When I started contributing to RRSP I read a couple investor's books. But their advice was more applicable to stock trading. So googling for "Investing for Dummies" does not give good results for my case. Which I thought would be a very common case for a lot of people: Don't want to become an investor. Just wanted to have money for retirement.

Of course there are other good companies in that CDN Small Cap fund. But still I don't think I should trust a fund manager who is buying Indigo Books stocks. Who knows what he/she will buy next. Sorry.

Management Fees should be low. At least this is what I was told by GWL people. My employer has good volume discount.  Sales people. I don't really know what's the normal/acceptable fee % for a mutual fund company. But most of their fund fees are below 1%. That CDN Small Cap is the most expensive fund at 1.25%. Another reason to sell it.

Another CDN Index Fund that I owned was 0.7%.

GWL Fund report is a 1 page pdf with very basic information about the fund and historical performance numbers. Performance numbers are cut off at Dec 31 of last year. So you don't really know how this particular fund is performing currently.


----------



## jserrg (Apr 17, 2013)

0xCC said:


> It looks like your "Canadian Small Cap Equity" is probably this one:
> http://www.globefund.greatwestlife....ap+Equity+(BT)+75/100&pi_universe=PUBLIC_FUND


Thanks 0xCC!
You found more with google on GWL site then I could find when I log into their online banking. My fund report only shows remote history while yours is up-to-date. Great!


----------



## lonewolf (Jun 12, 2012)

Sell, Sell, Sell & or short the market with long term put leaps This is the most dangerous market since the inception of the DJI. First stop around the 2009 yearly lows. strong support 4th wave support in the price action of a previous 4th wave from the years 1966 - 1982.


----------



## 0xCC (Jan 5, 2012)

Seriously? This is a thread about someone just dipping their toe into the waters of understanding the investing world and posting advice about leaps is the most constructive information you can give?


----------



## lonewolf (Jun 12, 2012)

Yes

I said sell, sell,sell & or

The worst possible advice is telling someone to buy stocks, bonds or real estate @ this moment in time.


----------



## CalgaryPotato (Mar 7, 2015)

If it's small to mid cap Canadian and American that isn't too bad it's still not the way I'd want my whole investment to be. On the plus side it sounds like the fees are very reasonable. 

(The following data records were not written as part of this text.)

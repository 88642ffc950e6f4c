//! Runs the cases of a table over memory, and prints how each ends: its status and its line, what it wrote, and what each watch
//! of its panel adds up to.
//!
//! The table is read from standard input, a row a line. What stands behind a name is read up to the line's end; there
//! `\n`, `\r`, `\t`, `\s` (a blank), `\\` and `\xHH` stand for one byte each.
//!
//! ```text
//! # ..               a comment, which is printed
//! case WORD ..       begins a case, with the words of its command
//! text NAME BYTES    adds bytes to the shelf's file of this name
//! repeat NAME N BYTES    adds them N times
//! file NAME PATH     adds the bytes of a file of data/
//! lines NAME PATH N ..    adds lines of a file of data/, each by its number from 1
//! change NAME OLD NEW     puts NEW in the place of OLD, where it stands first in the shelf's file
//! panel KIND ..      adds watches of these kinds to the panel, which is empty without such a row
//! fronts NAME        runs the case with each front of the shelf's file, and prints the ends that aren't as the one before
//! fail shelf N       the shelf's call N fails, counted from 1; so for `out` and `err`
//! room N             out takes N bytes in all
//! ```
#![tactic(auto)]

mod case;
mod end;
mod escape;
mod files;
mod table;

use case::Case;
use std::io;
use table::{Row, row_of};

/// Ends the case that was read last, where there is one.
fn finish(rt: &HostRuntime, last: Option<Case>) -> io::Result<()> {
    match last {
        Some(case) => case.run(rt),
        None => Ok(()),
    }
}

/// Adds a row to the case that was read last, and answers whether it is right there.
fn add(rt: &HostRuntime, last: &mut Option<Case>, row: Row<'_>) -> io::Result<bool> {
    match last {
        Some(case) => case.add(rt, row),
        None => Ok(false),
    }
}

fn main(rt: HostRuntime) -> io::Result<()> {
    let mut last = None;
    for line in rt.lines(rt.alloc()) {
        let line = line?;
        match row_of(line.as_str()) {
            Some(Row::Nothing) => {}
            Some(Row::Comment(text)) => {
                finish(&rt, last.take())?;
                println!(rt; "{text}")?;
            }
            Some(Row::Case(words)) => {
                finish(&rt, last.take())?;
                last = Some(Case::new(rt.alloc(), words)?);
            }
            Some(row) => {
                if !add(&rt, &mut last, row)? {
                    println!(rt; "bad line: {line}")?;
                }
            }
            None => println!(rt; "bad line: {line}")?,
        }
    }
    finish(&rt, last)
}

There isn't a lot of advise on mutual funds online because the common advise is avoid the , although in your case you can't. But as long as you can read the descriptions you can learn about the classes as a whole.


----------



## Oldroe (Sep 18, 2009)

You follow the herd you will look like the herd.


----------



## Cal (Jun 17, 2009)

Holy MER on that fund Batman!

Any way you can post your mutual fund options that you have to chose from?

Personally I don't think a small cap fund is for you, you seem concerned with the volatility. You should be happy to be buying low, with your retirement 30 years out, and yet you worry about being down the past few months.

IMO if you could split between a Balanced Canadian Fund, and a Balanced US or International Fund, great, then don't look at it until you retire. Autopilot. Read the links posted above about couch potato investing. It was good advice.


----------



## Davis (Nov 11, 2014)

lonewolf said:


> Yes I said sell, sell,sell & or The worst possible advice is telling someone to buy stocks, bonds or real estate @ this moment in time.


Do keep in mind that lonewolf's qualifications to provide investing advice are that he is some guy on the internet. Nothing more. My qualifications are no better, so either do your own research using credible sources Report on Business, Financial Post, etc ), or buy and hold. The latter is not a bad strategy given your long time horizon. 

Most people will tell you that trying to time the market is a bad idea unless you think you are smarter than the market. If you do know more than the professional investors who spend their careers watching the market, please share your wisdom with us.


----------



## humble_pie (Jun 7, 2009)

jsserg you are getting some great suggestions here. Read more about investing, you're picking up the right stuff.

this forum will be thin on books about mutual funds because folks here don't buy mutual funds. But we appreciate that you are stuck in em for the time being, what with your employer contribution & all.

yes you owned a canadian small-cap fund that boasted a peck of energy, so it suffered recently in the energy meltdown. Others here have suggested that a balanced fund would do you better, these are smart suggestions! the same folks are suggesting some reading material, won't you please try this also? i have a feeling you'll do well as an investor, once you get your sea legs.

i'm not against a US equity fund if you are prepared to take the currency haircut. I'd also hope you'd stick to senior US equity, the good old, solid old kinds of large-cap stocks that pay decent dividends & are not likely to flame out in a broad market downturn. 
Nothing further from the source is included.